名店のまかないレシピ

桝田兆史 / 桝田 大きな釜で炊き上げる かやくごはん

大阪・心斎橋の中心街から延びるちょっとレトロな雰囲気漂う小路。そこに溶け込むように店を構える「桝田」は、華やかな色彩で旬を伝える懐石料理の名店と知られています。カウンターで楽しめるのは、ミシュランガイド京都・大阪 二つ星ならではの確かな味と技、そして、“癒やし”を感じさせる温かなコミュニケーション。その温かさの中心にあるのは店主・桝田兆史さんのとびきりの笑顔。優しい味のまかないを教えてくれました。

全員で味談義ができる、貴重な時間

全員で味談義ができる、貴重な時間

さぁ、ちょうどかやくごはんが炊けました。今日はちょっと贅沢にカキも入れたから、おいしそうでしょ。男7人分、おかわりの分もあわせて、大きな釜で炊き上げました。この釜、私が修業していた神戸吉兆時代から使っているものでね、もう30年以上付き合っている相棒なんですよ。

おかずは、だしつゆをたっぷり吸わせたいか団子としろ菜の煮もの。お客さんに出す刺身で使わないゲソを使っていて、何てことない料理かもしれないけれど、食べるとホッとする味なんです。

食べる時はカウンターで皆一緒に「いただきます」。食器はお客様にお出しするものと同じものを使っています。きちんとした器でいただくと、同じ料理でもやっぱり感じ方が違いますからね。

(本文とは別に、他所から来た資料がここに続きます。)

// How a record stands: its head, a station's entry, a ballot's.
use crate::print;
use settlement::record::Settlement;
use std::io;
use std::io::Write;

// The number of stations, and the rule.
pub(crate) fn head<W: Write>(out: &mut W, r: &Settlement) -> io::Result<()> {
    print::numbers(out, &[r.count.into(), r.rule.into()])
}

// The stage's place in document 01's order, from idle, 0, to decided, 7; lost; cursor, round; held, claim, word and decision.
pub(crate) fn station<W: Write>(out: &mut W, r: &Settlement, s: u8) -> io::Result<()> {
    let t = r.stations[usize::from(s % 32)];
    print::numbers(
        out,
        &[
            u8::from(t.stage).into(),
            t.lost.into(),
            t.cursor.into(),
            t.round.into(),
            t.held.into(),
            t.claim.into(),
            t.word.into(),
            t.decision.into(),
        ],
    )
}

// The stations that cast 0 and those that cast 1, as masks, whether it is answered, and the answer.
pub(crate) fn ballot<W: Write>(out: &mut W, r: &Settlement, b: u8) -> io::Result<()> {
    let t = r.ballots[usize::from(b % 64)];
    print::numbers(
        out,
        &[
            t.cast0.into(),
            t.cast1.into(),
            t.answered.into(),
            t.answer.into(),
        ],
    )
}
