// OPEN, the five events, LOOK, and LOOK at a ballot: each writes 0 or the number of the refusal first.
use crate::print;
use basics::refusal::told;
use event::event::Event;
use lent::events::play_lent;
use lent::opening::{look_ballot_lent, look_lent, open_lent};
use settlement::record::Settlement;
use std::io;
use std::io::Write;

pub(crate) fn opens<W: Write>(out: &mut W, r: &mut Settlement, n: u8, rule: u8) -> io::Result<()> {
    print::number(out, told(open_lent(r, n, rule)).into())
}

pub(crate) fn plays<W: Write>(out: &mut W, r: &mut Settlement, e: Event) -> io::Result<()> {
    print::number(out, told(play_lent(r, e)).into())
}

// LOOK s: its number, whether decided, the claim and the votes.
pub(crate) fn looks<W: Write>(out: &mut W, r: &Settlement, s: u8) -> io::Result<()> {
    match look_lent(r, s) {
        Ok(shown) => print::numbers(
            out,
            &[
                0,
                shown.decided.is_some().into(),
                shown.decided.unwrap_or(0).into(),
                shown.votes.into(),
            ],
        ),
        Err(why) => print::numbers(out, &[why.number().into(), 0, 0, 0]),
    }
}

// LOOK at ballot b: its number, both sets as masks, how many are in each, whether it is answered, and the answer.
pub(crate) fn looks_at_ballot<W: Write>(out: &mut W, r: &Settlement, b: u8) -> io::Result<()> {
    match look_ballot_lent(r, b) {
        Ok(shown) => print::numbers(
            out,
            &[
                0,
                shown.cast0.into(),
                shown.cast1.into(),
                shown.count0.into(),
                shown.count1.into(),
                shown.answer.is_some().into(),
                shown.answer.unwrap_or(false).into(),
            ],
        ),
        Err(why) => print::numbers(out, &[why.number().into(), 0, 0, 0, 0, 0, 0]),
    }
}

冗談言い合ったり、「元気か?」と様子を伺ったり、堅苦しくない雰囲気で食べています。心がけているのは、私から率先して料理の感想を言うこと。「今日のうまいなぁ」「ちょっと火が通り過ぎてる気がするけど、どう思う?」と私が言うことで、若い子たちも言いやすい雰囲気になりますからね。営業時間中は指示系統がピシッと決まっていますから、私が味に関して全員に言葉をかけられるのはまかないの時間くらい。だから、店にとってとても大事な時間だと思っています。

心がホッとするまかないのような店を

心がホッとするまかないのような店を

まかない当番は勤めて3年目くらいの者と決まっています。毎朝、店から自転車で5分程度の場所にある黒門市場に寄ってもらって、備品を揃えるついでにまかないの食材調達をしてもらっています。まかないというのはあくまで倹約して作るものなので、牛肉と調味料の中でも比較的値段の張る酒とみりんは使わないルールです。ただし、私が牛肉を食べたくなった日は「俺が買ってくるわ!」と調達しますけどね(笑)。そんなスペシャルな日が時々あるのも楽しいでしょう。

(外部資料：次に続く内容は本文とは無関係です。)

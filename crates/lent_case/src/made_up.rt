// A record made up by hand: the number of stations and the rule, a station's entry, or a ballot's.
use basics::buffer::{byte_at, four_at};
use entry::entry::{Ballot, Stage, Station};
use settlement::record::Settlement;

// The number of stations and the rule.
pub(crate) fn head(r: &mut Settlement, n: u8, rule: u8) {
    r.count = n;
    r.rule = rule;
}

// Station, stage, lost, cursor, round; then held, claim, word and decision of four bytes each.
pub(crate) fn station(r: &mut Settlement, s: u8, body: &[u8]) {
    r.stations[usize::from(s % 32)] = Station {
        stage: Stage::try_from(byte_at(body, 1)).unwrap_or(Stage::Decided),
        lost: byte_at(body, 2) != 0,
        cursor: byte_at(body, 3),
        round: byte_at(body, 4),
        held: four_at(body, 5),
        claim: four_at(body, 9),
        word: four_at(body, 13),
        decision: four_at(body, 17),
    };
}

// Ballot, marks; then the stations that cast 0 and those that cast 1, four bytes each. The marks are the low bits of one number: whether it is
// answered, and the answer.
pub(crate) fn ballot(r: &mut Settlement, b: u8, body: &[u8]) {
    let marks = byte_at(body, 1);
    r.ballots[usize::from(b % 64)] = Ballot {
        cast0: four_at(body, 2),
        cast1: four_at(body, 6),
        answered: marks % 2 == 1,
        answer: marks / 2 % 2 == 1,
    };
}
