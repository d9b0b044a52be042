// The commands of a script: tag, two-byte length and body, as a field of a log.
ghost use Rattle.std.specs.Prelude.{length};
ghost use Rattle.std.specs.Iterator.{at_most};

// Command after command; a last one whose body is cut short is none.
#[derive(Drop)]
pub(crate) struct Commands<'a>(pub(crate) &'a [u8]);

impl<'a> Iterator for Commands<'a> {
    type Item = (u8, &'a [u8]);

    ghost remaining = { λ s. at_most (length s.0.now) };

    fn next(&mut self) -> Option<(u8, &'a [u8])> {
        let [tag, high, low, ..] = self.0 else {
            return None;
        };
        let size = 3 + usize::from(u16::from_be_bytes([*high, *low]));
        let (command, rest) = self.0.split_at_checked(size)?;
        self.0 = rest;
        Some((*tag, &command[3..]))
    }
}
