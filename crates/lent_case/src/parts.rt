// READ and RUN.
use crate::print;
use basics::buffer::four_at;
use basics::refusal::told;
use event::event::Event;
use field::field::{Field, kind_of};
use field::read::read;
use field::table::row_of;
use logs::rest::rest;
use logs::run::run;
use settlement::record::Settlement;
use std::io;
use std::io::Write;

// A field's numbers; 0 where it has none.
fn numbers_of(field: Field) -> (u8, u8, u32) {
    match field {
        Field::Open { n, rule } => (n, rule, 0),
        Field::Play { event } => match event {
            Event::Claim { s, v } => (s, 0, v),
            Event::Deliver { t, s } => (t, s, 0),
            Event::Step { s } | Event::Lose { s } => (s, 0, 0),
            Event::Answer { b, a } => (b, a, 0),
        },
        Field::Note => (0, 0, 0),
    }
}

// READ: the field's tag, its numbers and the bytes taken, or the number alone.
pub(crate) fn read_of<W: Write>(out: &mut W, s: &[u8]) -> io::Result<()> {
    match read(s) {
        Ok(found) => {
            let (first, second, claim) = numbers_of(found.field);
            print::numbers(
                out,
                &[
                    row_of(kind_of(found.field)).tag.into(),
                    first.into(),
                    second.into(),
                    claim.into(),
                    found.taken as u64,
                ],
            )
        }
        Err(refusal) => print::number(out, refusal.number().into()),
    }
}

// RUN: events, bytes taken and status; its settlement goes on. Before the log stands the limit.
pub(crate) fn runs<W: Write>(out: &mut W, r: &mut Settlement, s: &[u8]) -> io::Result<()> {
    let a = run(rest(s, 4), four_at(s, 0) as usize);
    *r = a.settlement;
    let status = told(a.status);
    print::numbers(out, &[a.events as u64, a.taken as u64, status.into()])
}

修業時代は多い時で40人分くらいのまかない作りをしていました。店にまかない用の大きなたらいみたいな巨大な鍋がありましてね。それで親子丼を作ったり、おでんを炊いたり、コロッケを揚げたり。そうそう、鍋いっぱいに入れた練りものがつゆを吸い過ぎて膨らんで、落としぶたが持ち上がって“上がりぶた”になってしもた先輩がいるんです。吉兆時代の仲間と顔を合わせると今でも皆で思い出しては笑っています。まかないって、そういう店にとっての思い出もつくってくれるものかもしれないですね。作ったまかないを褒められ、笑われ、時にけなされ、経験を重ねて皆一人前になっていくのだと思います。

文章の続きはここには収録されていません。